October 27, 1991: Happy Birthday, Ana Rosa

Ana Rosa and her mother

How Ana Rosa Ridriguez wound up as front-page news, and featured on Phil Donohue, began on October 25, 1991 when Rosa Rodriguez, 20 years old, went to National Abortion Federation member Abu Hayat's Avenue A abortion practice on New York's lower East Side.

A single mother with a 2-year-old daughter, Rosa had found Hayat's practice, Women's Medical Clinic, by reading his ad in a Spanish-language newspaper, El Diario.

Hayat charged $1,500 for the procedure, for which Rosa produced $1,000 cash and her passport, green card, and her watch as collateral for the remaining $500. 

On this first visit, Hayat sedated Rosa, inserted laminaria to dilate her cervix, and gave her some sort of abdominal injection. When she awoke he sent her home, instructing her to return the following day.

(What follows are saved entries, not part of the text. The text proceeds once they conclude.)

//! A write that fails may have torn its sector all the same.

ghost use Rattle.std.specs.Prelude.{◌≡◌, ◌<◌, ◌+◌, true, if◌then◌else◌};
ghost use Rattle.macs_disk.specs.Disk.{IsHonest, now};

use super::Call::{Fill, Read};
use super::Step::{Crash, Find, Tear};
use super::{Step, blank, make_all, play};
use macs_disk::{DeviceFault, SectorDisk};
use std::process::Abort;

/// A disk in front of another. The first write that the other does answers DeviceFault all the
/// same, and has filled its sector. Over an honest disk it is an honest disk.
#[derive(Drop)]
struct Tearing<D> {
    disk: D,
    has_torn: bool,
}

impl<D: SectorDisk> SectorDisk for Tearing<D> {
    ghost disk = { λ it. record {
      sectors = (D.disk it.disk).sectors;
      past = (D.disk it.disk).past;
      clock = (D.disk it.disk).clock;
      failures = (D.disk it.disk).failures + (if it.has_torn then 1 else 0);
      honest = (D.disk it.disk).honest;
      worn = (D.disk it.disk).worn;
      prompt = true;
    } };

    ghost sound = { λ it honest. D.sound it.disk honest };

    ghost wear = { λ it. D.wear it.disk };

    fn sectors(&self) -> u64 {
        self.disk.sectors()
    }

    fn read(&mut self, at: u64, into: &mut [u8; 512]) -> Result<(), DeviceFault> {
        self.disk.read(at, into)
    }

    fn write(&mut self, at: u64, from: &[u8; 512]) -> Result<(), DeviceFault> {
        if self.has_torn {
            return self.disk.write(at, from);
        }
        self.disk.write(at, from)?;
        self.has_torn = true;
        Err(DeviceFault)
    }

    fn sync(&mut self) -> Result<(), DeviceFault> {
        self.disk.sync()
    }
}

/// What is found of the sectors of a disk whose first write tore sector 1.
const TORN: &[Step] = &[
    Find(0, (0, 0, false)),
    Find(1, (1, 0, true)),
    Find(2, (2, 0, true)),
    Tear(1, 3, true),
    Crash,
    Find(1, (3, 3, false)),
    Find(2, (2, 2, false)),
];

/// Tears sector 1 of a disk and then fills sector 2.
fn torn<D: SectorDisk>(rt: &impl Abort, disk: D) -> D {
    let mut tearing = Tearing {
        disk,
        has_torn: false,
    };
    make_all(rt, &mut tearing, &[Fill(1, 1)], 0..1);
    make_all(rt, &mut tearing, &[Read(1, 1), Fill(2, 2)], 0..0);
    let Tearing { disk, .. } = tearing;
    disk
}

/// Its sector is pending: reads give what was written, and a power loss may leave anything else.
#[test]
fn a_failed_write_may_tear_its_sector(rt: HostRuntime) {
    let mut disk = torn(&rt, blank(&rt, rt.alloc(), 3));
    play(&rt, &mut disk, TORN);
}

Rosa returned as instructed at about 9 a.m., but she expressed misgivings about proceeding with the abortion, since she had felt fetal movement. She said that she had changed her mind. Hayat told her that it was too late to stop the abortion. Rosa said that two assistants held her down and clamped her feet into the stirrups while Hayat again sedated her. When she awoke, he told her that he had changed the laminaria, and again instructed her to return the following day. Hayat gave Rosa specific instructions that if she had any problems, she was to call his facility and no one else.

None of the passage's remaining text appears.